How do you do these problems...
1) y/2+5>8
2) -4z+8<-27+z
3) 3(5+x)<_18
I need help mostly on #2 but also on the others. Oh and on #3 the sign is an less than or equal to sign.
Treat the inequality like an equation. The only exception is when you multiply/divide both sides by a negative number.

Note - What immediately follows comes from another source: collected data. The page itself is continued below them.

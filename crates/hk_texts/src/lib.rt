//! The texts that a run prints.
#![tactic(auto)]

mod damage;
mod deps;
mod done;
mod laws;
mod pieces;
mod refusals;
mod report;
mod trace;

pub use damage::damage_line;
pub use deps::deps_text;
pub use done::{items_line, removed_line, summary};
pub use laws::printed_traces_tell_histories;
pub use refusals::{feed_line, plan_line, rules_line, tag_line};
pub use report::report_text;
pub use trace::trace_text;
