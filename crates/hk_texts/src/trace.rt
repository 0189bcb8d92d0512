// The trace of a run.
ghost use Rattle.std.specs.Prelude.{◌≡◌, ◌++◌, ◌<◌, All, IfOk, OnOk, length};
ghost use Rattle.hk_chain.specs.Layout.{pairs};
ghost use Rattle.hk_rules.specs.Pairs.{layout};
ghost use Rattle.hk_rules.specs.Plan.{lookups};
ghost use Rattle.hk_texts.specs.TraceText as spec;
ghost use Rattle.hk_texts.specs.TraceText.{IsEventWithin};

use crate::pieces::{append, write_item};
use hk_base::{NoMemory, Text};
use hk_chain::{ItemNo, PairNo};
use hk_fix::Event;
use hk_rules::Plan;
use std::alloc::Global;

/// A line for each event of a run, in their order. Linear in the events and their text, with the name of each saved page
/// looked up in its item's chain.
pub fn trace_text(alloc: Global, plan: &Plan, history: &[Event]) -> Result<Text, NoMemory>
    requires { All (IsEventWithin (length plan.now.items) (pairs (layout plan.now.items))) history.now }
    ensures { IfOk result (λ text. text ≡ spec.trace_text (lookups plan.now) history.now) }
{
    let mut out = Vec::new(alloc);
    write_events(alloc, &mut out, plan, history)?;
    Ok(Text::from_vec(out))
}

fn write_events(
    alloc: Global,
    out: &mut Vec<u8>,
    plan: &Plan,
    history: &[Event],
) -> Result<(), NoMemory>
    requires { All (IsEventWithin (length plan.now.items) (pairs (layout plan.now.items))) history.now }
    ensures { OnOk result (out.new.items ≡ out.old.items ++ spec.trace_text (lookups plan.now) history.now) }
{
    for event in history {
        write_event(alloc, out, plan, *event)?;
    }
    Ok(())
}

fn write_event(alloc: Global, out: &mut Vec<u8>, plan: &Plan, event: Event) -> Result<(), NoMemory>
    requires { IsEventWithin (length plan.now.items) (pairs (layout plan.now.items)) event }
    ensures { OnOk result (out.new.items ≡ out.old.items ++ spec.event_line (lookups plan.now) event) }
{
    match event {
        Event::Begin(item) => write_line(alloc, out, plan, b"begin ", item),
        Event::Saved(pair) => write_saved(alloc, out, plan, pair),
        Event::Done(item) => write_line(alloc, out, plan, b"done ", item),
        Event::Failed(item) => write_line(alloc, out, plan, b"failed ", item),
    }
}

fn write_line(
    alloc: Global,
    out: &mut Vec<u8>,
    plan: &Plan,
    front: &[u8],
    item: ItemNo,
) -> Result<(), NoMemory>
    requires { item < length plan.now.items }
    ensures { OnOk result (out.new.items ≡ out.old.items ++ spec.item_line (lookups plan.now) front.now item) }
{
    append(out, front)?;
    write_item(alloc, out, plan, item)?;
    append(out, b"\n")
}

#[tactic(auto, unfolding(hk_rules::specs::Plan::lookups))]
fn write_saved(alloc: Global, out: &mut Vec<u8>, plan: &Plan, pair: PairNo) -> Result<(), NoMemory>
    requires { pair < pairs (layout plan.now.items) }
    ensures { OnOk result (out.new.items ≡ out.old.items ++ spec.saved_line (lookups plan.now) pair) }
{
    let item = plan.layout().get().item_of(pair);
    append(out, b"saved ")?;
    write_item(alloc, out, plan, item)?;
    append(out, b" ")?;
    append(out, plan.pair_name(pair))?;
    append(out, b"\n")
}
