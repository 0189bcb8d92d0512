// What a pass of a queue knows.

/// What a pass knows. It stands in clauses alone: no value of it is made. Every pass of a caller has a key.
pub struct View<K> {
    /// What the values are lawful for that the pass pushes and pops.
    pub key: Option<K>,
    /// No other pass was split from it, and it from none.
    pub is_alone: bool,
    /// How many values this pass has pushed.
    pub pushed: u64,
    /// How many values it has popped.
    pub popped: u64,
}
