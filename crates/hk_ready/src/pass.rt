// A pass of a queue.
use crate::view::View;
use std::marker::Model;

/// A pass of a queue, with which one thread pushes and pops. It has no bytes.
#[derive(Drop)]
pub struct Pass<T, K> {
    pub(crate) ticket: crossbeam_queue::Pass<T, View<K>>,
}

impl<T, K> Model for Pass<T, K> {
    ghost use Rattle.std.specs.Prelude.{◌≡◌, [], true, is_some};
    ghost use Rattle.hk_ready.specs.View.{PassView};

    ghost Value = { PassView K };

    ghost view = { λ p. record { queue = p.ticket.table_id; view = p.ticket.me.0.client } };

    ghost invariant = { λ p. (p.ticket.me.1 ≡ []) × (is_some p.ticket.me.0.client.key ≡ true) };
}
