// The lines of a command that was done.
ghost use Rattle.std.specs.Prelude.{◌≡◌, IfOk};
ghost use Rattle.hk_texts.specs.Printed as spec;

use hk_base::{NoMemory, Text};
use std::alloc::Global;

/// The line of a build: how many items it compiled, how many it reused, how many pages it wrote, and how many files it
/// removed. Constant.
pub fn summary(
    alloc: Global,
    compiled: u64,
    reused: u64,
    written: u64,
    removed: u64,
) -> Result<Text, NoMemory>
    ensures { IfOk result (λ text. text ≡ spec.summary compiled reused written removed) }
{
    let line = format!(in alloc;
        "compiled {compiled}, reused {reused}, written {written}, removed {removed}\n"
    )?;
    Ok(Text::from_vec(line.into_bytes()))
}

/// The line of a check: how many items there are. Constant.
pub fn items_line(alloc: Global, items: u64) -> Result<Text, NoMemory>
    ensures { IfOk result (λ text. text ≡ spec.items_line items) }
{
    let line = format!(in alloc; "ok, {items} items\n")?;
    Ok(Text::from_vec(line.into_bytes()))
}

/// The line of a cleaning: how many files there were. Constant.
pub fn removed_line(alloc: Global, files: u128) -> Result<Text, NoMemory>
    ensures { IfOk result (λ text. text ≡ spec.removed_line files) }
{
    let line = format!(in alloc; "removed {files}\n")?;
    Ok(Text::from_vec(line.into_bytes()))
}
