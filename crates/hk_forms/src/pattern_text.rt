// The text of a pattern, by which patterns are told apart.
ghost use Rattle.std.specs.Prelude.{◌≡◌, ◌++◌, OnOk, IfOk, map, length, codes};
ghost use Rattle.std.specs.Option.{option_copied};
ghost use Rattle.hk_forms.specs.PatternText as spec;

use hk_base::{Identifier, NoMemory, Text};
use hk_pattern::Pattern;
use std::alloc::Global;

/// The text of a pattern, by which patterns are told apart: each part with its length or its count in front. `NoMemory`
/// only for want of memory. Linear.
pub fn text_of_pattern(alloc: Global, pattern: &Pattern) -> Result<Text, NoMemory>
    ensures { IfOk result (λ t. t ≡ spec.text_of pattern.now) }
{
    let mut out = Vec::new(alloc);
    write_pattern(alloc, &mut out, pattern)?;
    Ok(Text::from_vec(out))
}

#[cycle(writing)]
fn write_pattern(alloc: Global, out: &mut Vec<u8>, pattern: &Pattern) -> Result<(), NoMemory>
    ensures { OnOk result (out.new.items ≡ out.old.items ++ spec.text_of pattern.now) }
{
    match pattern {
        Pattern::Glob(glob) => write_pair(alloc, out, b"glob", glob.text()),
        Pattern::Ids(ids) => write_idents(alloc, out, ids.as_slice()),
        Pattern::And(patterns) => write_patterns(alloc, out, b"and", patterns.as_slice()),
        Pattern::Or(patterns) => write_patterns(alloc, out, b"or", patterns.as_slice()),
        Pattern::Not(pattern) => {
            write_str(alloc, out, b"not")?;
            write_pattern(alloc, out, pattern.get())
        }
        Pattern::HasVersion(version) => write_pair(alloc, out, b"version", version.as_slice()),
        Pattern::HasNoVersion => write_str(alloc, out, b"noversion"),
    }
}

#[cycle(writing)]
fn write_patterns(
    alloc: Global,
    out: &mut Vec<u8>,
    word: &[u8],
    patterns: &[Pattern],
) -> Result<(), NoMemory>
    ensures { OnOk result (out.new.items ≡ out.old.items ++ (spec.str word.now ++ (spec.num (length patterns.now) ++ spec.texts_joined (map spec.text_of patterns.now)))) }
{
    write_str(alloc, out, word)?;
    write_num(alloc, out, patterns.len())?;
    write_each(alloc, out, patterns)
}

#[cycle(writing)]
fn write_each(alloc: Global, out: &mut Vec<u8>, patterns: &[Pattern]) -> Result<(), NoMemory>
    ensures { OnOk result (out.new.items ≡ out.old.items ++ spec.texts_joined (map spec.text_of patterns.now)) }
{
    for pattern in patterns {
        write_pattern(alloc, out, pattern)?;
    }
    Ok(())
}

fn write_idents(alloc: Global, out: &mut Vec<u8>, ids: &[Identifier]) -> Result<(), NoMemory>
    ensures { OnOk result (out.new.items ≡ out.old.items ++ (spec.str (codes "ids") ++ (spec.num (length ids.now) ++ spec.idents_text ids.now))) }
{
    write_str(alloc, out, b"ids")?;
    write_num(alloc, out, ids.len())?;
    write_each_ident(alloc, out, ids)
}

fn write_each_ident(alloc: Global, out: &mut Vec<u8>, ids: &[Identifier]) -> Result<(), NoMemory>
    ensures { OnOk result (out.new.items ≡ out.old.items ++ spec.idents_text ids.now) }
{
    for id in ids {
        write_ident(alloc, out, id)?;
    }
    Ok(())
}

fn write_ident(alloc: Global, out: &mut Vec<u8>, id: &Identifier) -> Result<(), NoMemory>
    ensures { OnOk result (out.new.items ≡ out.old.items ++ spec.ident_text id.now) }
{
    write_str(alloc, out, id.path())?;
    write_opt(alloc, out, id.version())
}

fn write_opt(alloc: Global, out: &mut Vec<u8>, text: Option<&[u8]>) -> Result<(), NoMemory>
    ensures { OnOk result (out.new.items ≡ out.old.items ++ spec.opt (option_copied text.entry)) }
{
    match text {
        Some(text) => {
            append(out, b"+\n")?;
            write_str(alloc, out, text)
        }
        None => append(out, b"-\n"),
    }
}

fn write_pair(alloc: Global, out: &mut Vec<u8>, word: &[u8], text: &[u8]) -> Result<(), NoMemory>
    ensures { OnOk result (out.new.items ≡ out.old.items ++ (spec.str word.now ++ spec.str text.now)) }
{
    write_str(alloc, out, word)?;
    write_str(alloc, out, text)
}

fn write_str(alloc: Global, out: &mut Vec<u8>, text: &[u8]) -> Result<(), NoMemory>
    ensures { OnOk result (out.new.items ≡ out.old.items ++ spec.str text.now) }
{
    write_num(alloc, out, text.len())?;
    append(out, text)?;
    append(out, b"\n")
}

fn write_num(alloc: Global, out: &mut Vec<u8>, number: usize) -> Result<(), NoMemory>
    ensures { OnOk result (out.new.items ≡ out.old.items ++ spec.num number) }
{
    let text = format!(in alloc; "{number}\n")?;
    append(out, text.as_bytes())
}

fn append(out: &mut Vec<u8>, bytes: &[u8]) -> Result<(), NoMemory>
    ensures { OnOk result (out.new.items ≡ out.old.items ++ bytes.now) }
{
    out.extend_from_slice(bytes)?;
    Ok(())
}
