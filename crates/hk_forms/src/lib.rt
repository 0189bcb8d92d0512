//! The forms of the values of a rules file: names, identifiers, patterns and routes.
#![tactic(auto)]

mod id_form;
mod members;
mod names;
mod pattern_form;
mod pattern_text;
mod route_form;

pub use id_form::{id_of, paths_listed, version_of};
pub use members::{both, items_in, only, only_in, table_in, text_in, two, value_at};
pub use names::{is_context_name, is_snapshot_name};
pub use pattern_form::pattern_of;
pub use pattern_text::text_of_pattern;
pub use route_form::route_of;
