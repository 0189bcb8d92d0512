// What a table has at its keys, and what an array lists.
ghost use Rattle.std.specs.Prelude.{◌≡◌, option_map, option_and_then, map, string_bytes};
ghost use Rattle.std.specs.List.{list_all, list_any};
ghost use Rattle.std.specs.Option.{option_copied};
ghost use Rattle.std.specs.BTreeMap.{keys};
ghost use Rattle.toml.specs.Data.{get_member, as_str, as_array, as_table};
ghost use Rattle.toml.specs.View.{view, table_view, items_view};
ghost use Rattle.hk_forms.specs.Members as spec;

use toml::{Table, Value};

/// The most members of a list.
pub(crate) const MOST_MEMBERS: usize = 1024;

/// What stands at a key of a table. Logarithmic.
pub fn value_at<'a>(table: &'a Table, key: &str) -> Option<&'a Value>
    ensures { option_map (λ v. view v.now) result ≡ get_member key.now (table_view table.now) }
{
    table.get(key)
}

/// The key and the value of a table that has one member. Constant.
pub fn only(table: &Table) -> Option<(&str, &Value)>
    ensures { option_map (λ p. (p.0.now, view p.1.now)) result ≡ spec.only (table_view table.now) }
{
    if table.len() != 1 {
        return None;
    }
    match table.first_key_value() {
        Some((key, value)) => Some((key.as_str(), value)),
        None => None,
    }
}

/// The values at two keys of a table that has no others. Constant.
pub fn both<'a>(table: &'a Table, first: &str, second: &str) -> Option<(&'a Value, &'a Value)>
    ensures { option_map (λ p. (view p.0.now, view p.1.now)) result ≡ spec.both first.now second.now (table_view table.now) }
{
    if table.len() != 2 {
        return None;
    }
    pair_of(value_at(table, first), value_at(table, second))
}

fn pair_of<'a>(
    first: Option<&'a Value>,
    second: Option<&'a Value>,
) -> Option<(&'a Value, &'a Value)>
    ensures { option_map (λ p. (view p.0.now, view p.1.now)) result ≡ spec.pair_of (option_map (λ v. view v.now) first.entry) (option_map (λ v. view v.now) second.entry) }
{
    let Some(first) = first else {
        return None;
    };
    let Some(second) = second else {
        return None;
    };
    Some((first, second))
}

/// The items of an array that has two. Constant.
pub fn two(items: &[Value]) -> Option<(&Value, &Value)>
    ensures { option_map (λ p. (view p.0.now, view p.1.now)) result ≡ spec.two (items_view items.now) }
{
    if items.len() != 2 {
        return None;
    }
    Some((&items[0], &items[1]))
}

/// The items of an array. Constant.
pub fn items_in(value: &Value) -> Option<&[Value]>
    ensures { option_map (λ s. items_view s.now) result ≡ as_array (view value.now) }
{
    match value.as_array() {
        Some(items) => Some(items.as_slice()),
        None => None,
    }
}

/// The text of a string. Constant.
pub fn text_in(value: &Value) -> Option<&str>
    ensures { option_map (λ s. s.now) result ≡ as_str (view value.now) }
{
    value.as_str()
}

/// The members of a table. Constant.
pub fn table_in(value: &Value) -> Option<&Table>
    ensures { option_map (λ m. table_view m.now) result ≡ as_table (view value.now) }
{
    value.as_table()
}

/// The key and the value of a table that has one member. Constant.
pub fn only_in(value: &Value) -> Option<(&str, &Value)>
    ensures { option_map (λ p. (p.0.now, view p.1.now)) result ≡ option_and_then spec.only (as_table (view value.now)) }
{
    match table_in(value) {
        Some(table) => only(table),
        None => None,
    }
}
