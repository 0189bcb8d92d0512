// The form of an identifier and of a version.
ghost use Rattle.std.specs.Prelude.{◌≡◌, IfOk, option_map};
ghost use Rattle.std.specs.Option.{option_copied};
ghost use Rattle.toml.specs.Data.{as_str, as_array};
ghost use Rattle.toml.specs.View.{view, items_view};
ghost use Rattle.hk_forms.specs.Members.{each, listed};
ghost use Rattle.hk_forms.specs.IdForm as spec;

use crate::members::{MOST_MEMBERS, items_in, text_in, two};
use hk_base::{Identifier, NoMemory, Refusal, Text, is_version};
use hk_pattern::Items;
use std::alloc::Global;
use toml::Value;

/// The identifier that a value is. `NoMemory` only for want of memory. Linear.
pub fn id_of(alloc: Global, value: &Value) -> Result<Option<Identifier>, NoMemory>
    ensures { IfOk result (λ o. o ≡ spec.id_of (view value.now)) }
{
    id_by(alloc, text_in(value), items_in(value))
}

fn id_by(
    alloc: Global,
    text: Option<&str>,
    items: Option<&[Value]>,
) -> Result<Option<Identifier>, NoMemory>
    ensures { IfOk result (λ o. o ≡ spec.id_by (option_map (λ s. s.now) text.entry) (option_map (λ s. items_view s.now) items.entry)) }
{
    if let Some(path) = text {
        return ident_at(alloc, path.as_bytes(), None);
    }
    match items {
        Some(items) => id_pair(alloc, two(items)),
        None => Ok(None),
    }
}

fn id_pair(alloc: Global, pair: Option<(&Value, &Value)>) -> Result<Option<Identifier>, NoMemory>
    ensures { IfOk result (λ o. o ≡ spec.id_pair (option_map (λ p. (view p.0.now, view p.1.now)) pair.entry)) }
{
    match pair {
        Some((path, version)) => versioned(alloc, text_in(path), text_in(version)),
        None => Ok(None),
    }
}

fn versioned(
    alloc: Global,
    path: Option<&str>,
    version: Option<&str>,
) -> Result<Option<Identifier>, NoMemory>
    ensures { IfOk result (λ o. o ≡ spec.versioned (option_map (λ s. s.now) path.entry) (option_map (λ s. s.now) version.entry)) }
{
    let Some(path) = path else {
        return Ok(None);
    };
    let Some(version) = version else {
        return Ok(None);
    };
    ident_at(alloc, path.as_bytes(), Some(version.as_bytes()))
}

fn ident_at(
    alloc: Global,
    path: &[u8],
    version: Option<&[u8]>,
) -> Result<Option<Identifier>, NoMemory>
    ensures { IfOk result (λ o. o ≡ spec.ident_at path.now (option_copied version.entry)) }
{
    match Identifier::read(alloc, path, version) {
        Ok(id) => Ok(Some(id)),
        Err(Refusal::Fault(_)) => Ok(None),
        Err(Refusal::NoMemory) => Err(NoMemory),
    }
}

/// The identifier without a version that a value is.
pub(crate) fn path_of(alloc: Global, value: &Value) -> Result<Option<Identifier>, NoMemory>
    ensures { IfOk result (λ o. o ≡ spec.path_of (view value.now)) }
{
    path_by(alloc, text_in(value))
}

fn path_by(alloc: Global, text: Option<&str>) -> Result<Option<Identifier>, NoMemory>
    ensures { IfOk result (λ o. o ≡ spec.path_by (option_map (λ s. s.now) text.entry)) }
{
    match text {
        Some(path) => ident_at(alloc, path.as_bytes(), None),
        None => Ok(None),
    }
}

/// The identifiers that the values are, where each is one and they are not too many.
pub(crate) fn ids_listed(
    alloc: Global,
    items: &[Value],
) -> Result<Option<Items<Identifier>>, NoMemory>
    ensures { IfOk result (λ o. o ≡ listed spec.id_of (items_view items.now)) }
{
    if MOST_MEMBERS < items.len() {
        return Ok(None);
    }
    ids_in(alloc, items)
}

fn ids_in(alloc: Global, items: &[Value]) -> Result<Option<Items<Identifier>>, NoMemory>
    ensures { IfOk result (λ o. o ≡ each spec.id_of (items_view items.now)) }
{
    let mut ids = Items::new(alloc);
    for item in items {
        match id_of(alloc, item)? {
            Some(id) => ids.push(id)?,
            None => return Ok(None),
        }
    }
    Ok(Some(ids))
}

/// The identifiers without versions that the values are, where each is one and they are at most 1,024.
/// `NoMemory` only for want of memory. Linear in the values.
pub fn paths_listed(alloc: Global, items: &[Value]) -> Result<Option<Items<Identifier>>, NoMemory>
    ensures { IfOk result (λ o. o ≡ listed spec.path_of (items_view items.now)) }
{
    if MOST_MEMBERS < items.len() {
        return Ok(None);
    }
    paths_in(alloc, items)
}

fn paths_in(alloc: Global, items: &[Value]) -> Result<Option<Items<Identifier>>, NoMemory>
    ensures { IfOk result (λ o. o ≡ each spec.path_of (items_view items.now)) }
{
    let mut ids = Items::new(alloc);
    for item in items {
        match path_of(alloc, item)? {
            Some(id) => ids.push(id)?,
            None => return Ok(None),
        }
    }
    Ok(Some(ids))
}

/// The version that a value is. `NoMemory` only for want of memory. Linear.
pub fn version_of(alloc: Global, value: &Value) -> Result<Option<Text>, NoMemory>
    ensures { IfOk result (λ o. o ≡ spec.version_of (view value.now)) }
{
    version_by(alloc, text_in(value))
}

fn version_by(alloc: Global, text: Option<&str>) -> Result<Option<Text>, NoMemory>
    ensures { IfOk result (λ o. o ≡ spec.version_by (option_map (λ s. s.now) text.entry)) }
{
    match text {
        Some(text) if is_version(text.as_bytes()) => {
            Ok(Some(Text::from_slice(alloc, text.as_bytes())?))
        }
        _ => Ok(None),
    }
}
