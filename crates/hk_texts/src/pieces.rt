// Pieces that the texts are made of.
ghost use Rattle.std.specs.Prelude.{◌≡◌, ◌++◌, ◌<◌, OnOk, length};
ghost use Rattle.hk_chain.specs.Layout.{pairs};
ghost use Rattle.hk_rules.specs.Pairs.{layout};
ghost use Rattle.hk_rules.specs.Plan.{lookups};
ghost use Rattle.hk_texts.specs.ReportText as spec;

use hk_base::NoMemory;
use hk_chain::{ItemNo, PairNo};
use hk_rules::Plan;
use std::alloc::Global;

/// The printed identifier of an item.
pub fn write_item(
    alloc: Global,
    out: &mut Vec<u8>,
    plan: &Plan,
    item: ItemNo,
) -> Result<(), NoMemory>
    requires { item < length plan.now.items }
    ensures { OnOk result (out.new.items ≡ out.old.items ++ spec.item_text (lookups plan.now) item) }
{
    let printed = plan.id(item).print(alloc)?;
    append(out, printed.as_slice())
}

/// A pair: its item, and the name of its page.
#[tactic(auto, unfolding(hk_rules::specs::Plan::lookups))]
pub fn write_pair(
    alloc: Global,
    out: &mut Vec<u8>,
    plan: &Plan,
    pair: PairNo,
) -> Result<(), NoMemory>
    requires { pair < pairs (layout plan.now.items) }
    ensures { OnOk result (out.new.items ≡ out.old.items ++ spec.pair_text (lookups plan.now) pair) }
{
    let item = plan.layout().get().item_of(pair);
    write_item(alloc, out, plan, item)?;
    append_two(out, b" at ", plan.pair_name(pair))
}

pub fn append_two(out: &mut Vec<u8>, front: &[u8], back: &[u8]) -> Result<(), NoMemory>
    ensures { OnOk result (out.new.items ≡ out.old.items ++ (front.now ++ back.now)) }
{
    append(out, front)?;
    append(out, back)
}

pub fn append(out: &mut Vec<u8>, bytes: &[u8]) -> Result<(), NoMemory>
    ensures { OnOk result (out.new.items ≡ out.old.items ++ bytes.now) }
{
    out.extend_from_slice(bytes)?;
    Ok(())
}
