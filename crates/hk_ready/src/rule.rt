// The rule of a queue, and the kinds of step that keep it.
ghost use Rattle.std.specs.Prelude.{◌≡◌};
ghost use Rattle.hk_lock.specs.Lawful.{IsLawfulFor};
ghost use Rattle.hk_ready.specs.View.{after_split, split_from, after_push, after_pop};
ghost use Rattle.hk_ready.specs.Queued.{AgreesWith};

use crate::view::View;
use crossbeam_queue::protocol::{Lesson, Outcome, Protocol, Split};
use hk_lock::Lawful;
use std::marker::{Brand, PhantomData};

/// The rule of a queue: what it holds is lawful for the key of all passes, and a pass that is alone has pushed what it
/// popped and what the queue holds.
pub(crate) struct Queued<K> {
    of: PhantomData<K>,
}

impl<T: Lawful<K>, K> Protocol<T, View<K>> for Queued<K> {
    ghost use Rattle.hk_ready.specs.View.{unnamed};
    ghost use Rattle.hk_ready.specs.Queued.{IsQueueState};

    ghost holds = { IsQueueState T.is_lawful };

    ghost first = { unnamed };
}

/// The first pass gets its key. The call that makes the queue says which, by members of its own in place of these.
impl<K> Split<View<K>> for Brand {
    ghost left = { λ v. v };

    ghost right = { λ v. v };
}

/// A pass with the same key is split from another.
pub(crate) struct Twin;

impl<K> Split<View<K>> for Twin {
    ghost left = { after_split };

    ghost right = { split_from };
}

/// A value is pushed.
pub(crate) struct Push;

impl<T: Lawful<K>, K> Outcome<T, View<K>> for Push {
    ghost then = { λ v x w. w ≡ after_push v };
}

impl<T: Lawful<K>, K> Lesson<T, View<K>> for Push {
    ghost fact = { AgreesWith T.is_lawful };
}

/// The oldest value is popped.
pub(crate) struct Pop;

impl<T: Lawful<K>, K> Outcome<T, View<K>> for Pop {
    ghost then = { λ v x w. (w ≡ after_pop v) × IsLawfulFor T.is_lawful v.key x };
}

impl<T: Lawful<K>, K> Lesson<T, View<K>> for Pop {
    ghost fact = { AgreesWith T.is_lawful };
}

Then the inequality reverses.
-4z+8<-27+z
Add 4z and 27 to both sides.
35 < 5z
The "less than or equal" sign can be obtained by pressing your <alt/option> key along with the <comma> key (at least on a Mac). Likewise, the "more than or equal" sign can be obtained by pressing your <alt/option> key along with the <period> key.
3(5+x)≤18
Divide both sides by 3.
5 + x ≤ 6
y/2+5>8
Mulitply both sides by 2.
y + 10 > 16
You should be able to take them from here.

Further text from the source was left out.